• What is expected: Which of the lines below mention the word "self"? Pull each one out.

• Supplied records:
===

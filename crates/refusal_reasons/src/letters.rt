// Bytes of a file, for people.

use std::fmt;

/// How many bytes of a line or of a word are shown.
const MOST_SHOWN: usize = 120;

/// Bytes of a file, the first 120 of them. Those that are no letter or sign of ASCII show as `?`, and behind those that are shown stands `..` where
/// there are more.
#[derive(Clone, Copy, Debug)]
pub struct Letters<'a>(pub &'a [u8]);

/// A byte as it is shown.
fn letter(byte: u8) -> char {
    if (32..127).contains(&byte) {
        char::from(byte)
    } else {
        '?'
    }
}

impl fmt::Display for Letters<'_> {
    fn fmt<W: fmt::Write>(&self, f: &mut fmt::Formatter<W>) -> fmt::Result {
        for byte in &self.0[..self.0.len().min(MOST_SHOWN)] {
            f.write_char(letter(*byte))?;
        }
        if self.0.len() > MOST_SHOWN {
            f.write_str("..")?;
        }
        Ok(())
    }
}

===

• Written reply:
    fn fmt<W: fmt::Write>(&self, f: &mut fmt::Formatter<W>) -> fmt::Result {
        for byte in &self.0[..self.0.len().min(MOST_SHOWN)] {
        if self.0.len() > MOST_SHOWN {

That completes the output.